- Occupation: Physician

= Christopher Love Morley =

English physician

Christopher Love Morley (fl. 1700) was an English physician.

==Biography==
Morley was born in or about 1646, and from his name may probably have been related to Christopher Love, the presbyterian. He was entered as a medical student at Leyden 18 Feb. 1676 (English Students at Leyden, Index Society, 1883), being then thirty years of age (Munk), and graduated M.D. in 1679. According to a short account of Morley in the preface to his 'Collectanea Chymica,' he had travelled widely, and apparently practised medicine before coming to Holland. At Leyden he attended the medical practice of Schacht and Drelincourt, with the anatomical lectures of the latter, and also studied chemistry with Maëts and others. Morley was accustomed to take copious notes of lectures, cases, &c., which ultimately extended, it is said, to more than forty quarto volumes. Of these a few have survived, and are now in the British Museum (Sloane MSS., Nos. 1259, 1272, 1273, 1289). They are dated 1677 to 1679, and not only show Morley's diligence as a student, but give an interesting picture of the state of medical education in Leyden at the time. On his return to England he published a little volume on an epidemic fever then prevalent in England, Holland, and else where, which he dedicated to the Royal College of Physicians ('De Morbo Epidemico,' 1678–9, &c., London, 1680, 12mo). It contains an account of his personal experience of the disease, and a letter from Professor Schacht of Leyden on the same subject, besides remarks on the state of medical practice in England and Holland. This probably led to his election as an honorary fellow of the College of Physicians 30 Sept. 1680 (since, not being an English graduate, he was not eligible to become an ordinary fellow). He did not immediately settle down, for in 1683 we find him going on a voyage to the Indies, but in 1684 he was practising in London.
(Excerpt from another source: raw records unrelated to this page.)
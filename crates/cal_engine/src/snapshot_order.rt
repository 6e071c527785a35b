ghost use Rattle.std.specs.Prelude.{◌≡◌, ◌≤◌, map, IfOk};
ghost use Rattle.std.specs.List.{All};
ghost use Rattle.std.specs.Option.{option_copied};
ghost use Rattle.cal_filter.specs.Known.{KnowsAll, sought};
ghost use Rattle.cal_filter.specs.Sought.{any_of, value_sought};
ghost use Rattle.cal_rowset.specs.NumberedRows.{IsWithin, in_order, meant, nth_numbered};
ghost use Rattle.cal_value.specs.Flat.{flat};
ghost use Rattle.cal_engine.specs.Ranks.{value_in, values_cmp};
ghost use Rattle.cal_engine.specs.SnapshotRanks.{AreRanked, others_in, ranked_values};
ghost use Rattle.cal_engine.specs.Sorting.{sorted_rows};

use crate::sorting::{compare_values, directed};
use cal_context::Context;
use cal_filter::Seeker;
use cal_ql::OrderKey;
use cal_rowset::SnapshotList;
use cal_value::{OutOfMemory, Seq, TryCopy, Variant};
use std::alloc::Global;
use std::cmp::Ordering;

/// The place of a row beside the values by which it is ordered: that of the first key, and those of
/// the others, if there are any.
#[derive(Drop)]
pub(crate) struct RankedPlace<'a> {
    first: Option<&'a Variant>,
    others: Vec<Option<&'a Variant>>,
    place: usize,
}

/// So many values are looked for at once, or those of four keys: for each key one by each node of
/// the context, and one beside each row.
const VALUES_AT_ONCE: usize = 1 << 22;

/// The places of rows by number, sorted stably. However many keys there are, it takes memory for
/// the places of the rows and the nodes of the context a few times over, or for `VALUES_AT_ONCE`:
/// the rows are sorted by the last keys first, and then stably by those before. No value is copied.
pub(crate) fn sorted_places(
    alloc: Global,
    order: &Seq<OrderKey>,
    context: &Context,
    rows: &SnapshotList,
) -> Result<Vec<usize>, OutOfMemory>
    requires { All (IsWithin context.now) rows.now }
    ensures { IfOk result (λ places. map (meant context.now) (in_order rows.now places.items)
        ≡ sorted_rows order.now (map (meant context.now) rows.now)) }
{
    let keys = order.as_slice();
    let mut places = all_places(alloc, rows)?;
    let at_once = keys_at_once(context.node_count(), rows.len());
    let mut left = keys.len();
    while left > 0 {
        let from = left.saturating_sub(at_once);
        let (before, _) = keys.split_at(left);
        let (_, last) = before.split_at(from);
        places = sorted_by(alloc, last, context, rows, places)?;
        left = from;
    }
    Ok(places)
}

/// How many keys have their values looked for at once, over so many nodes and rows.
fn keys_at_once(nodes: usize, rows: usize) -> usize
    ensures { 1 ≤ result }
{
    (VALUES_AT_ONCE / nodes.saturating_add(rows).max(1)).max(4)
}

/// Places of rows, sorted stably by some keys.
fn sorted_by(
    alloc: Global,
    order: &[OrderKey],
    context: &Context,
    rows: &SnapshotList,
    places: Vec<usize>,
) -> Result<Vec<usize>, OutOfMemory>
    requires { All (IsWithin context.now) rows.now }
    ensures { IfOk result (λ sorted. map (meant context.now) (in_order rows.now sorted.items)
        ≡ sorted_rows order.now (map (meant context.now) (in_order rows.now places.items))) }
{
    let seekers = seekers_of(alloc, order, context)?;
    let Some((first, others)) = seekers.split_first() else {
        return Ok(places);
    };
    let mut ranked = ranked_places(alloc, first, others, context, rows, &places)?;
    ranked.sort_by(|one, other| compare_ranked(order, one, other))?;
    let sorted = places_of(alloc, &ranked)?;
    Ok(sorted)
}

/// The places of all rows, as they lie.
fn all_places(alloc: Global, rows: &SnapshotList) -> Result<Vec<usize>, OutOfMemory>
    ensures { IfOk result (λ places. in_order rows.now places.items ≡ rows.now) }
{
    let mut places = Vec::with_capacity(alloc, rows.len())?;
    for place in 0..rows.len() {
        places.push(place)?;
    }
    Ok(places)
}

/// Who looks for the values of keys, and knows the context.
fn seekers_of(
    alloc: Global,
    order: &[OrderKey],
    context: &Context,
) -> Result<Vec<Seeker>, OutOfMemory>
    ensures sought { IfOk result (λ seekers.
        map sought seekers.items ≡ map (λ key. any_of key.name) order.now) }
    ensures knows { IfOk result (λ seekers. All (KnowsAll context.now) seekers.items) }
{
    let mut seekers = Vec::with_capacity(alloc, order.len())?;
    for key in order {
        let mut seeker = Seeker::of_any(alloc, key.name.copy(alloc)?);
        seeker.catch_up(context)?;
        seekers.push(seeker)?;
    }
    Ok(seekers)
}

/// Places of rows beside the values of these.
fn ranked_places<'a>(
    alloc: Global,
    first: &Seeker,
    others: &[Seeker],
    context: &'a Context,
    rows: &'a SnapshotList,
    places: &[usize],
) -> Result<Vec<RankedPlace<'a>>, OutOfMemory>
    requires first { KnowsAll context.now first.now }
    requires others { All (KnowsAll context.now) others.now }
    requires rows { All (IsWithin context.now) rows.now }
    ensures { IfOk result (λ ranked. AreRanked context.now first.now others.now rows.now
        (in_order rows.now places.now) ranked.items) }
{
    let mut ranked = Vec::with_capacity(alloc, places.len())?;
    for place in places {
        ranked.push(RankedPlace {
            first: value_at(first, context, rows, *place),
            others: values_at(alloc, others, context, rows, *place)?,
            place: *place,
        })?;
    }
    Ok(ranked)
}

/// The value of the row at a place that is sought.
fn value_at<'a>(
    seeker: &Seeker,
    context: &'a Context,
    rows: &'a SnapshotList,
    place: usize,
) -> Option<&'a Variant>
    requires knows { KnowsAll context.now seeker.now }
    requires rows { All (IsWithin context.now) rows.now }
    ensures { option_copied result ≡ value_sought (sought seeker.now)
        (flat (meant context.now (nth_numbered rows.now place))) }
{
    seeker.find_among(context, rows.nodes(place), rows.imms(place))
}

fn values_at<'a>(
    alloc: Global,
    seekers: &[Seeker],
    context: &'a Context,
    rows: &'a SnapshotList,
    place: usize,
) -> Result<Vec<Option<&'a Variant>>, OutOfMemory>
    requires knows { All (KnowsAll context.now) seekers.now }
    requires rows { All (IsWithin context.now) rows.now }
    ensures { IfOk result (λ values. map option_copied values.items
        ≡ map (λ s. value_sought (sought s)
        (flat (meant context.now (nth_numbered rows.now place)))) seekers.now) }
{
    let mut values = Vec::new(alloc);
    for seeker in seekers {
        values.push(value_at(seeker, context, rows, place))?;
    }
    Ok(values)
}

fn places_of(alloc: Global, ranked: &[RankedPlace<'_>]) -> Result<Vec<usize>, OutOfMemory>
    ensures { IfOk result (λ places. places.items ≡ map (λ r. r.place) ranked.now) }
{
    let mut places = Vec::with_capacity(alloc, ranked.len())?;
    for row in ranked {
        places.push(row.place)?;
    }
    Ok(places)
}

/// The order of two rows by their values.
fn compare_ranked(order: &[OrderKey], one: &RankedPlace<'_>, other: &RankedPlace<'_>) -> Ordering
    ensures { result
        ≡ values_cmp order.now (ranked_values one.now) (ranked_values other.now) }
{
    let Some((key, keys)) = order.split_first() else {
        return Ordering::Equal;
    };
    let answer = compare_values(one.first, other.first);
    if answer != Ordering::Equal {
        return directed(key.down, answer);
    }
    compare_others(keys, &one.others, &other.others)
}

/// The order of two rows by their values of the keys behind the first one.
fn compare_others(
    order: &[OrderKey],
    one: &[Option<&Variant>],
    other: &[Option<&Variant>],
) -> Ordering
    ensures { result ≡ values_cmp order.now (others_in one.now) (others_in other.now) }
{
    for (place, key) in order.iter().enumerate() {
        let answer = compare_values(value_of(one, place), value_of(other, place));
        if answer != Ordering::Equal {
            return directed(key.down, answer);
        }
    }
    Ordering::Equal
}

fn value_of<'a>(values: &[Option<&'a Variant>], place: usize) -> Option<&'a Variant>
    ensures { option_copied result ≡ value_in (others_in values.now) place }
{
    *values.get(place)?
}
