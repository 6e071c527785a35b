ghost use Rattle.std.specs.Prelude.{◌≡◌, None, map, IfOk};
ghost use Rattle.std.specs.List.{last_or};
ghost use Rattle.std.specs.Option.{option_cmp, option_copied};
ghost use Rattle.cal_value.specs.Order.{value_cmp};
ghost use Rattle.cal_engine.specs.Ranks.{rank, value_in, values_cmp, values_of};
ghost use Rattle.cal_engine.specs.Sorting.{directed as directed_by, sorted_rows as sorted_by};
ghost use Rattle.cal_engine.specs.Sorting.{value_named};

use cal_parts::is_named;
use cal_ql::OrderKey;
use cal_value::{Entry, OutOfMemory, Rec, Seq, Text, TryCopy, Variant};
use std::alloc::Global;
use std::cmp::Ordering;

/// A row beside the values by which it is ordered, one for each key.
#[derive(Drop)]
pub(crate) struct Ranked {
    values: Seq<Option<Variant>>,
    row: Rec,
}

/// Rows sorted stably. It takes memory for their values, and n log n comparisons of these.
pub(crate) fn sorted_rows(
    alloc: Global,
    order: &Seq<OrderKey>,
    rows: Seq<Rec>,
) -> Result<Seq<Rec>, OutOfMemory>
    ensures { IfOk result (λ sorted. sorted ≡ sorted_by order.now rows) }
{
    if order.is_empty() {
        return Ok(rows);
    }
    let order = order.as_slice();
    let mut ranked = ranked_rows(alloc, order, rows)?;
    ranked.sort_by(|one, other| compare(order, &one.values, &other.values))?;
    rows_of(alloc, ranked)
}

fn ranked_rows(
    alloc: Global,
    order: &[OrderKey],
    rows: Seq<Rec>,
) -> Result<Vec<Ranked>, OutOfMemory>
    ensures { IfOk result (λ ranked. ranked.items ≡ map (rank order.now) rows) }
{
    let mut ranked = Vec::with_capacity(alloc, rows.len())?;
    for row in rows.into_vec() {
        let values = values_by(alloc, order, &row)?;
        ranked.push(Ranked { values, row })?;
    }
    Ok(ranked)
}

fn values_by(
    alloc: Global,
    order: &[OrderKey],
    row: &Rec,
) -> Result<Seq<Option<Variant>>, OutOfMemory>
    ensures { IfOk result (λ values. values ≡ map (λ key. value_named key.name row.now) order.now) }
{
    let mut values = Vec::with_capacity(alloc, order.len())?;
    for key in order {
        values.push(copied(alloc, last_value(&key.name, row))?)?;
    }
    Ok(Seq::from_vec(values))
}

/// A copy of a value that is there.
fn copied(alloc: Global, value: Option<&Variant>) -> Result<Option<Variant>, OutOfMemory>
    ensures { IfOk result (λ copied. copied ≡ option_copied value.entry) }
{
    match value {
        Some(value) => Ok(Some(value.copy(alloc)?)),
        None => Ok(None),
    }
}

/// The value of the last entry of a name.
fn last_value<'a>(name: &Text, row: &'a Rec) -> Option<&'a Variant>
    ensures { option_copied result ≡ value_named name.now row.now }
{
    let mut last = None;
    for path in row.paths.as_slice() {
        last = last_among(name, path.as_slice(), last);
    }
    last_among(name, row.imms.as_slice(), last)
}

/// The value of the last entry of a name among these, or else the one before.
fn last_among<'a>(
    name: &Text,
    entries: &'a [Entry],
    before: Option<&'a Variant>,
) -> Option<&'a Variant>
    ensures { option_copied result
        ≡ last_or (option_copied before.entry) (values_of name.now entries.now) }
{
    let mut last = before;
    for entry in entries {
        if is_named(name.as_str(), entry) {
            last = Some(&entry.value);
        }
    }
    last
}

fn rows_of(alloc: Global, ranked: Vec<Ranked>) -> Result<Seq<Rec>, OutOfMemory>
    ensures { IfOk result (λ rows. rows ≡ map (λ r. r.row) ranked.items) }
{
    let mut rows = Vec::with_capacity(alloc, ranked.len())?;
    for Ranked { values: _, row } in ranked {
        rows.push(row)?;
    }
    Ok(Seq::from_vec(rows))
}

/// The order of two rows by their values.
fn compare(order: &[OrderKey], one: &Seq<Option<Variant>>, other: &Seq<Option<Variant>>) -> Ordering
    ensures { result ≡ values_cmp order.now one.now other.now }
{
    for (place, key) in order.iter().enumerate() {
        let answer = compare_values(value_at(one, place), value_at(other, place));
        if answer != Ordering::Equal {
            return directed(key.down, answer);
        }
    }
    Ordering::Equal
}

fn value_at(values: &Seq<Option<Variant>>, place: usize) -> Option<&Variant>
    ensures { option_copied result ≡ value_in values.now place }
{
    values.get(place)?.as_ref()
}

/// An absent value comes first.
pub(crate) fn compare_values(one: Option<&Variant>, other: Option<&Variant>) -> Ordering
    ensures { result ≡ option_cmp value_cmp (option_copied one.entry) (option_copied other.entry) }
{
    match (one, other) {
        (None, None) => Ordering::Equal,
        (None, Some(_)) => Ordering::Less,
        (Some(_), None) => Ordering::Greater,
        (Some(one), Some(other)) => one.cmp(other),
    }
}

/// The other way round for DESC.
pub(crate) fn directed(down: bool, answer: Ordering) -> Ordering
    ensures { result ≡ directed_by down answer }
{
    if down { answer.reverse() } else { answer }
}
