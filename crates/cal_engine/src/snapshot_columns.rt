ghost use Rattle.std.specs.Prelude.{◌≡◌, ◌<◌, false, true, length, map, IfOk, OnOk};
ghost use Rattle.std.specs.List.{All, flat_map, list_any};
ghost use Rattle.cal_context.specs.Snapshots.{IsBelowRoot};
ghost use Rattle.cal_context.specs.Tree.{attribute_at, path_at};
ghost use Rattle.cal_rowset.specs.Hierarchy.{hierarchy, is_of_hierarchy as is_nested};
ghost use Rattle.cal_rowset.specs.Hierarchy.{other_entries};
ghost use Rattle.cal_rowset.specs.NumberedRows.{IsWithin, in_order, meant, nth_numbered};
ghost use Rattle.cal_value.specs.Flat.{joined};
ghost use Rattle.cal_engine.specs.Answers.{columns_of as columns_by, plain_column};
ghost use Rattle.cal_engine.specs.Answers.{shown_names};
ghost use Rattle.cal_keys.specs.Groups.{has_entries};
ghost use Rattle.cal_engine.specs.Learning.{learned, names_beside};
ghost use Rattle.cal_engine.specs.Visiting.{IsLearned, IsPlain, KnowsNames, MetWith};

use crate::columns::{add_columns, first_names, group_columns, item_columns};
use crate::shown_names::ShownNames;
use crate::visits::Visits;
use cal_context::{AttributeNumber, Context, NodeNumber};
use cal_ql::Query;
use cal_rowset::{Column, SnapshotList, is_of_hierarchy};
use cal_seeds::Seeds;
use cal_value::{OutOfMemory, Seq, Text};
use indexmap::IndexSet;
use std::alloc::Global;

/// The columns of an answer with these rows.
pub(crate) fn snapshot_columns(
    alloc: Global,
    query: &Query,
    context: &Context,
    rows: &SnapshotList,
    order: &[usize],
) -> Result<Seq<Column>, OutOfMemory>
    requires { All (IsWithin context.now) rows.now }
    ensures { IfOk result (λ columns. columns
        ≡ columns_by query.now query.now.select
        (map (meant context.now) (in_order rows.now order.now))) }
{
    if let Some(items) = &query.select {
        item_columns(alloc, items.as_slice())
    } else if let Some(names) = &query.group {
        group_columns(alloc, names.as_slice(), query.aggs.as_slice())
    } else {
        shown_columns(alloc, context, rows, order)
    }
}

/// The names that rows show, as columns.
fn shown_columns(
    alloc: Global,
    context: &Context,
    rows: &SnapshotList,
    order: &[usize],
) -> Result<Seq<Column>, OutOfMemory>
    requires { All (IsWithin context.now) rows.now }
    ensures { IfOk result (λ columns. columns
        ≡ map plain_column (shown_names (map (meant context.now) (in_order rows.now order.now)))) }
{
    let names = shown(alloc, context, rows, order)?;
    let mut columns = Vec::new(alloc);
    add_columns(alloc, &mut columns, names.as_slice())?;
    Ok(Seq::from_vec(columns))
}

#[tactic(auto, using(crate::proofs::Learned::learned_shown))]
fn shown(
    alloc: Global,
    context: &Context,
    rows: &SnapshotList,
    order: &[usize],
) -> Result<IndexSet<Text, Seeds>, OutOfMemory>
    requires { All (IsWithin context.now) rows.now }
    ensures { IfOk result (λ names.
        names.keys ≡ shown_names (map (meant context.now) (in_order rows.now order.now))) }
{
    let nested = some_hierarchy(alloc, context, rows, order)?;
    let first = first_names(alloc, context.seeds(), nested)?;
    let mut shown = ShownNames::new(alloc, context, first)?;
    learn_rows(alloc, &mut shown, context, rows, order)?;
    Ok(shown.names)
}

/// Whether some row has entries of the hierarchy.
fn some_hierarchy(
    alloc: Global,
    context: &Context,
    rows: &SnapshotList,
    order: &[usize],
) -> Result<bool, OutOfMemory>
    requires { All (IsWithin context.now) rows.now }
    ensures { IfOk result (λ some. some
        ≡ list_any (λ row. has_entries (hierarchy row))
        (map (meant context.now) (in_order rows.now order.now))) }
{
    let mut visits = Visits::new(alloc, context)?;
    for place in order {
        if some_nested(context, rows.nodes(*place), &mut visits)? {
            return Ok(true);
        }
    }
    Ok(false)
}

/// Whether some path has entries of the hierarchy, where those of nodes that were met have none.
fn some_nested(
    context: &Context,
    nodes: &[NodeNumber],
    visits: &mut Visits,
) -> Result<bool, OutOfMemory>
    requires within { All (IsBelowRoot context.now) nodes.now }
    requires met { MetWith IsPlain context.now visits.old }
    ensures met { IfOk result (λ some. some ≡ false → MetWith IsPlain context.now visits.new) }
    ensures some { IfOk result (λ some. some ≡ list_any (λ path. list_any
        (λ e. is_nested e.attr) path) (map (path_at context.now) nodes.now)) }
{
    for node in nodes {
        let _ = visits.visit(context, *node)?;
        if has_nested(context, &visits.trail) {
            return Ok(true);
        }
    }
    Ok(false)
}

fn has_nested(context: &Context, trail: &[AttributeNumber]) -> bool
    requires { All (λ a. a.0 < length context.now.attributes) trail.now }
    ensures { result ≡ list_any is_nested (map (attribute_at context.now) trail.now) }
{
    for attribute in trail {
        if is_of_hierarchy(context.attribute_at(*attribute)) {
            return true;
        }
    }
    false
}

/// Learns the names of the entries of rows, those of hierarchies aside. Each node is looked at
/// once, however many rows have it on their paths.
fn learn_rows(
    alloc: Global,
    shown: &mut ShownNames,
    context: &Context,
    rows: &SnapshotList,
    order: &[usize],
) -> Result<(), OutOfMemory>
    requires within { All (IsWithin context.now) rows.now }
    requires knows { KnowsNames context.now shown.old }
    ensures { OnOk result (shown.new.names.keys ≡ learned shown.old.names.keys
        (flat_map (λ row. map (λ e. e.attr.name) (other_entries row))
        (map (meant context.now) (in_order rows.now order.now)))) }
{
    let mut visits = Visits::new(alloc, context)?;
    for place in order {
        learn_row(alloc, shown, context, rows, *place, &mut visits)?;
    }
    Ok(())
}

/// Learns the names of the entries of a row, where those on the paths of nodes that were met are
/// learned.
fn learn_row(
    alloc: Global,
    shown: &mut ShownNames,
    context: &Context,
    rows: &SnapshotList,
    place: usize,
    visits: &mut Visits,
) -> Result<(), OutOfMemory>
    requires within { All (IsWithin context.now) rows.now }
    requires knows { KnowsNames context.now shown.old }
    requires met { MetWith (IsLearned shown.old.names.keys) context.now visits.old }
    ensures knows { OnOk result (KnowsNames context.now shown.new) }
    ensures met { OnOk result
        (MetWith (IsLearned shown.new.names.keys) context.now visits.new) }
    ensures learned { OnOk result (shown.new.names.keys ≡ learned shown.old.names.keys
        (map (λ e. e.attr.name)
        (other_entries (meant context.now (nth_numbered rows.now place))))) }
{
    learn_nodes(alloc, shown, context, rows.nodes(place), visits)?;
    shown.learn_immediates(alloc, context, rows.imms(place))?;
    Ok(())
}

/// Learns the names on the paths of nodes, in the same way.
fn learn_nodes(
    alloc: Global,
    shown: &mut ShownNames,
    context: &Context,
    nodes: &[NodeNumber],
    visits: &mut Visits,
) -> Result<(), OutOfMemory>
    requires within { All (IsBelowRoot context.now) nodes.now }
    requires knows { KnowsNames context.now shown.old }
    requires met { MetWith (IsLearned shown.old.names.keys) context.now visits.old }
    ensures knows { OnOk result (KnowsNames context.now shown.new) }
    ensures met { OnOk result
        (MetWith (IsLearned shown.new.names.keys) context.now visits.new) }
    ensures learned { OnOk result (shown.new.names.keys ≡ learned shown.old.names.keys
        (names_beside true (joined (map (path_at context.now) nodes.now)))) }
{
    for node in nodes {
        let _ = visits.visit(context, *node)?;
        shown.learn_trail(alloc, context, &visits.trail)?;
    }
    Ok(())
}
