ghost use Rattle.std.specs.Prelude.{◌≡◌, ◌++◌, ◌<◌, false, length, map, replicate, reverse};
ghost use Rattle.std.specs.Prelude.{IfOk, OnOk};
ghost use Rattle.cal_engine.specs.Visiting.{IsClimb, IsVisit};

use cal_context::{AttributeNumber, Context, NodeNumber};
use cal_value::OutOfMemory;
use std::alloc::Global;

/// The nodes of a context that were met on ways up from others, so that each is met once.
#[derive(Drop)]
pub(crate) struct Visits {
    // by a node's number, whether it was met
    met: Vec<bool>,
    // the attributes of the nodes that were met first on the last way up, from the root downwards
    pub(crate) trail: Vec<AttributeNumber>,
}

impl Visits {
    /// No node was met.
    pub(crate) fn new(alloc: Global, context: &Context) -> Result<Visits, OutOfMemory>
        ensures { IfOk result (λ visits.
            visits.met.items ≡ replicate (length context.now.paths) false) }
    {
        Ok(Visits {
            met: vec![in alloc; false; context.node_count()]?,
            trail: Vec::new(alloc),
        })
    }

    /// Meets a node and those above it, up to one that was met before or to the root, which is
    /// answered.
    pub(crate) fn visit(
        &mut self,
        context: &Context,
        node: NodeNumber,
    ) -> Result<NodeNumber, OutOfMemory>
        requires node { node.0 < length context.now.paths }
        requires long { length self.old.met.items ≡ length context.now.paths }
        ensures { IfOk result (IsVisit context.now self.old node self.new) }
    {
        self.trail.clear();
        let top = climb(context, node, &mut self.met, &mut self.trail)?;
        self.trail.reverse();
        Ok(top)
    }
}

/// Meets nodes on the way up. Their attributes are added to a trail in the order in which they are
/// met.
fn climb(
    context: &Context,
    node: NodeNumber,
    met: &mut Vec<bool>,
    trail: &mut Vec<AttributeNumber>,
) -> Result<NodeNumber, OutOfMemory>
    requires node { node.0 < length context.now.paths }
    requires long { length met.old.items ≡ length context.now.paths }
    requires none { length trail.old.items ≡ 0 }
    ensures { IfOk result
        (IsClimb context.now met.old.items node met.new.items trail.new.items) }
{
    let mut at = node;
    while let Some(link) = context.link(at) {
        let place = at.0 as usize;
        if met[place] {
            return Ok(at);
        }
        met[place] = true;
        trail.push(link.attribute)?;
        at = link.parent;
    }
    Ok(at)
}
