//! All names that a query speaks of, found by hash.
ghost use Rattle.std.specs.Prelude.{◌≡◌, map, IfOk, OnOk};
ghost use Rattle.std.specs.List.{flat_map};
ghost use Rattle.cal_keys.specs.Keys.{names_in};
ghost use Rattle.cal_parts.specs.Readings.{reading_of};
ghost use Rattle.cal_rowset.specs.Texts.{first_seen};
ghost use Rattle.cal_engine.specs.Learning.{learned};
ghost use Rattle.cal_engine.specs.Looked.{let_names, spoken_names as spoken_names_so};

use crate::columns::learn;
use cal_parts::{Reading, readings_of};
use cal_ql::{Agg, Cond, Let, Query};
use cal_seeds::Seeds;
use cal_value::{OutOfMemory, Seq, Text};
use indexmap::IndexSet;
use std::alloc::Global;

/// All names that a query speaks of, each once: those of LET, WHERE and GROUP BY, and those by
/// which kernels read. They hash by these seeds.
#[tactic(auto, using(crate::proofs::Speaking::learned_spoken))]
pub(crate) fn spoken_names(
    alloc: Global,
    seeds: Seeds,
    query: &Query,
) -> Result<IndexSet<Text, Seeds>, OutOfMemory>
    ensures { IfOk result (λ names. names.keys ≡ first_seen (spoken_names_so query.now)) }
{
    let mut names = IndexSet::with_hasher(alloc, seeds);
    learn_lets(alloc, &mut names, query.lets.as_slice())?;
    learn_conds(alloc, &mut names, query.conds.as_slice())?;
    learn_group(alloc, &mut names, &query.group)?;
    learn_kernels(alloc, &mut names, query.aggs.as_slice())?;
    Ok(names)
}

fn learn_lets(
    alloc: Global,
    names: &mut IndexSet<Text, Seeds>,
    lets: &[Let],
) -> Result<(), OutOfMemory>
    ensures { OnOk result
        (names.new.keys ≡ learned names.old.keys (flat_map let_names lets.now)) }
{
    for definition in lets {
        learn_let(alloc, names, definition)?;
    }
    Ok(())
}

fn learn_let(
    alloc: Global,
    names: &mut IndexSet<Text, Seeds>,
    definition: &Let,
) -> Result<(), OutOfMemory>
    ensures { OnOk result (names.new.keys ≡ learned names.old.keys (let_names definition.now)) }
{
    learn(alloc, names, &definition.name)?;
    learn_all(alloc, names, definition.args.as_slice())
}

fn learn_conds(
    alloc: Global,
    names: &mut IndexSet<Text, Seeds>,
    conds: &[Cond],
) -> Result<(), OutOfMemory>
    ensures { OnOk result
        (names.new.keys ≡ learned names.old.keys (map (λ c. c.name) conds.now)) }
{
    for cond in conds {
        learn(alloc, names, &cond.name)?;
    }
    Ok(())
}

fn learn_group(
    alloc: Global,
    names: &mut IndexSet<Text, Seeds>,
    group: &Option<Seq<Text>>,
) -> Result<(), OutOfMemory>
    ensures { OnOk result (names.new.keys ≡ learned names.old.keys (names_in group.now)) }
{
    match group {
        Some(group) => learn_all(alloc, names, group.as_slice()),
        None => Ok(()),
    }
}

/// Learns the names by which kernels read, that of a record's weight aside.
fn learn_kernels(
    alloc: Global,
    names: &mut IndexSet<Text, Seeds>,
    aggs: &[Agg],
) -> Result<(), OutOfMemory>
    ensures { OnOk result (names.new.keys
        ≡ learned names.old.keys (flat_map (λ r. r.names) (map reading_of aggs.now))) }
{
    let readings = readings_of(alloc, aggs)?;
    learn_readings(alloc, names, &readings)
}

fn learn_readings(
    alloc: Global,
    names: &mut IndexSet<Text, Seeds>,
    readings: &[Reading],
) -> Result<(), OutOfMemory>
    ensures { OnOk result
        (names.new.keys ≡ learned names.old.keys (flat_map (λ r. r.names) readings.now)) }
{
    for reading in readings {
        learn_all(alloc, names, reading.names.as_slice())?;
    }
    Ok(())
}

fn learn_all(
    alloc: Global,
    names: &mut IndexSet<Text, Seeds>,
    more: &[Text],
) -> Result<(), OutOfMemory>
    ensures { OnOk result (names.new.keys ≡ learned names.old.keys more.now) }
{
    for name in more {
        learn(alloc, names, name)?;
    }
    Ok(())
}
In the new charter granted to the college in 1686 by James II Morley was named as an actual fellow, and was admitted in the following year. This fact shows that he was a partisan of James II, and probably a Roman catholic, so that he found a difficulty in taking the oaths required by the government after the revolution, and finally, in 1700, his name was on that ground withdrawn, at his own request, from the college list. His subsequent career cannot be traced.

Morley was evidently a man of remarkably wide knowledge in medicine and other sciences, but he did nothing in later life to justify his early promise. Beside the work mentioned above he published 'Collectanea Chemica Leydensia' (Leyden, 1684, 4to), which is evidently extracted from the notebooks above referred to. It consists of a large number of chemical and pharmaceutical receipts taken from the lectures of three professors of chemistry at Leyden Mae'ts, Marggraff, and Le Mort. It was translated into German (Jena, 1696), and appeared in a second Latin edition (Antwerp, 1702, 12mo).